Use this frontmatter structure to enable thinking with a separate log component:
```markdown
---
agent_doc_format: template
agent_doc_write: crdt
agent_doc_stream:
  target: exchange
  thinking: true
  thinking_target: log
---
<!-- agent:exchange -->
User prompt here.
<!-- /agent:exchange -->
<!-- agent:log -->
<!-- /agent:log -->
```

### Flush Behavior

Stream flushes use the normal mode resolution chain (inline attr > `components.toml` > built-in default). `run_stream()` no longer hardcodes replace mode for exchange — mode resolution applies normally.

Implementation: `flush_to_document()` uses `template::apply_patches()`.

### IPC-First Writes (v0.17.5)

All write paths (`run`, `stream`, `write`) try IPC to the IDE plugin when `.agent-doc/patches/` exists (plugin installed) and `--force-disk` is not set. IPC writes a JSON patch file to `.agent-doc/patches/<hash>.json`; the IDE plugin applies it via Document API (preserving cursor, undo stack, no "externally modified" dialog) and deletes the file as ACK. On IPC timeout (2s), exits with code 75 (`EX_TEMPFAIL`) instead of falling back to disk write. Use `agent-doc write --force-disk` to bypass IPC and write directly to disk.

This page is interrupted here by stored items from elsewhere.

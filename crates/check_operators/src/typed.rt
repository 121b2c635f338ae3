// Typed expressions: values and data sets.
ghost use Rattle.std.specs.Prelude.{◌≡◌, ◌∷◌, [], IfOk, not};
ghost use Rattle.vtl_cell.specs.ScalarKinds.{meets};
ghost use Rattle.vtl_tree.specs.Trees.{node};
ghost use Rattle.vtl_tree.specs.NodeView.{form_tree};
ghost use Rattle.check_faults.specs.Answers.{Answers};
ghost use Rattle.check_faults.specs.Rules.{ruled};
ghost use Rattle.vtl_tree.specs.Measures.{is_measure};
ghost use Rattle.vtl_tree.specs.View.{comp_exp_of};
ghost use Rattle.vtl_tree.specs.Kinds.{exp_kind};
ghost use Rattle.check_operators.specs.Typed.{beside_kinds, boxed_tree, condition_in, dataset_in, made_of, measure_kinds, typed_tree, value_in};

use check_faults::{Rule, TypeErr};
use std::alloc::{AllocError, Global};
use vtl_cell::{Kind, meets};
use vtl_tree::{CompExpr, Component, Node, NodeForm, Role, Structure, kind};

/// A typed expression.
#[derive(Drop)]
pub enum Typed {
    /// A value: at each point, or on its own.
    Value(CompExpr),
    /// A data set.
    Dataset(Box<Node>),
}

impl Typed {
    /// The value, where one is needed: a data set breaks `DatasetOrValue`.
    pub fn value(self) -> Result<CompExpr, TypeErr>
        ensures { Answers comp_exp_of result (value_in (typed_tree self)) }
    {
        match self {
            Typed::Value(e) => Ok(e),
            Typed::Dataset(_) => Err(TypeErr::Broken(Rule::DatasetOrValue)),
        }
    }

    /// The data set, where one is needed: a value breaks `DatasetOrValue`.
    pub fn dataset(self) -> Result<Box<Node>, TypeErr>
        ensures { Answers boxed_tree result (dataset_in (typed_tree self)) }
    {
        match self {
            Typed::Value(_) => Err(TypeErr::Broken(Rule::DatasetOrValue)),
            Typed::Dataset(node) => Ok(node),
        }
    }

    /// The kinds of which literals beside an operand have to be: that of the value, or those of all measures.
    pub fn beside_kinds(&self, alloc: Global) -> Result<Vec<Kind>, AllocError>
        ensures { IfOk result (λ kinds. kinds.items ≡ beside_kinds (typed_tree self.now)) }
    {
        match self {
            Typed::Value(e) => one_kind(alloc, kind(e)),
            Typed::Dataset(node) => measure_kinds(alloc, node.structure.components.as_slice()),
        }
    }
}

fn one_kind(alloc: Global, kind: Kind) -> Result<Vec<Kind>, AllocError>
    ensures { IfOk result (λ kinds. kinds.items ≡ kind ∷ []) }
{
    let mut kinds = Vec::new(alloc);
    kinds.push(kind)?;
    Ok(kinds)
}

fn is_measure(component: &Component) -> bool
    ensures { result ≡ is_measure component.now }
{
    match component.role {
        Role::Measure => true,
        _ => false,
    }
}

fn measure_kinds(alloc: Global, components: &[Component]) -> Result<Vec<Kind>, AllocError>
    ensures { IfOk result (λ kinds. kinds.items ≡ measure_kinds components.now) }
{
    let mut kinds = Vec::new(alloc);
    for component in components {
        if is_measure(component) {
            kinds.push(component.kind)?;
        }
    }
    Ok(kinds)
}

/// The node of a data set of this structure, made in this form.
pub fn made_node(alloc: Global, structure: Structure, form: NodeForm) -> Result<Box<Node>, TypeErr>
    ensures { Answers boxed_tree result (Ok (node structure (form_tree form))) }
{
    Ok(Box::new(alloc, Node { structure, form })?)
}

/// A data set of this structure, made in this form.
pub fn made_of(alloc: Global, structure: Structure, form: NodeForm) -> Result<Typed, TypeErr>
    ensures { Answers typed_tree result (made_of (form_tree form) structure) }
{
    Ok(Typed::Dataset(made_node(alloc, structure, form)?))
}

fn boolean(e: CompExpr) -> Result<CompExpr, TypeErr>
    ensures { Answers comp_exp_of result (ruled ((Rule.WrongKind, not (meets Kind.Bool (exp_kind (comp_exp_of e)))) ∷ []) (comp_exp_of e)) }
{
    if meets(Kind::Bool, kind(&e)) {
        Ok(e)
    } else {
        Err(TypeErr::Broken(Rule::WrongKind))
    }
}

/// A condition: it breaks `DatasetOrValue` where it is a data set, and `WrongKind` where its value is not boolean.
pub fn condition(condition: Typed) -> Result<CompExpr, TypeErr>
    ensures { Answers comp_exp_of result (condition_in (typed_tree condition)) }
{
    match condition {
        Typed::Value(e) => boolean(e),
        Typed::Dataset(_) => Err(TypeErr::Broken(Rule::DatasetOrValue)),
    }
}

- `try_ipc()` — component-level patches for template/stream documents
- `try_ipc_full_content()` — full document replacement for inline-mode documents
- Both are safe to call unconditionally; they return `false` immediately if `.agent-doc/patches/` does not exist

**Key files:** `crdt.rs` (CRDT foundation), `merge.rs` (CRDT merge path), `stream.rs` (command),
`agent/streaming.rs` (StreamingAgent trait + chunk parser), `agent/claude.rs` (streaming impl)

**Reactive file-watching:** CRDT-mode documents (`resolved.is_crdt()`) get reactive file-watching (zero debounce) from the watch daemon. The `WatchEntry` has a `reactive: bool` field set by `discover_entries()` for CRDT docs. Reactive paths are tracked in a `HashSet<PathBuf>` and use `Duration::ZERO` for the debounce check, enabling instant re-submit on file change.

**One session per document:** Each `agent-doc stream` spawns its own Claude CLI process.
Multiple documents stream in parallel via separate tmux panes.

**CRDT state storage:** `.agent-doc/crdt/<hash>.yrs` — persisted after each stream for
subsequent merges. Compacted via `agent-doc compact` to GC tombstones.

## Domain Ontology

agent-doc extends the existence kernel vocabulary (defined in `~/.claude/philosophy/src/`) with domain-specific terms. See the full ontology table in [README.md](README.md#domain-ontology).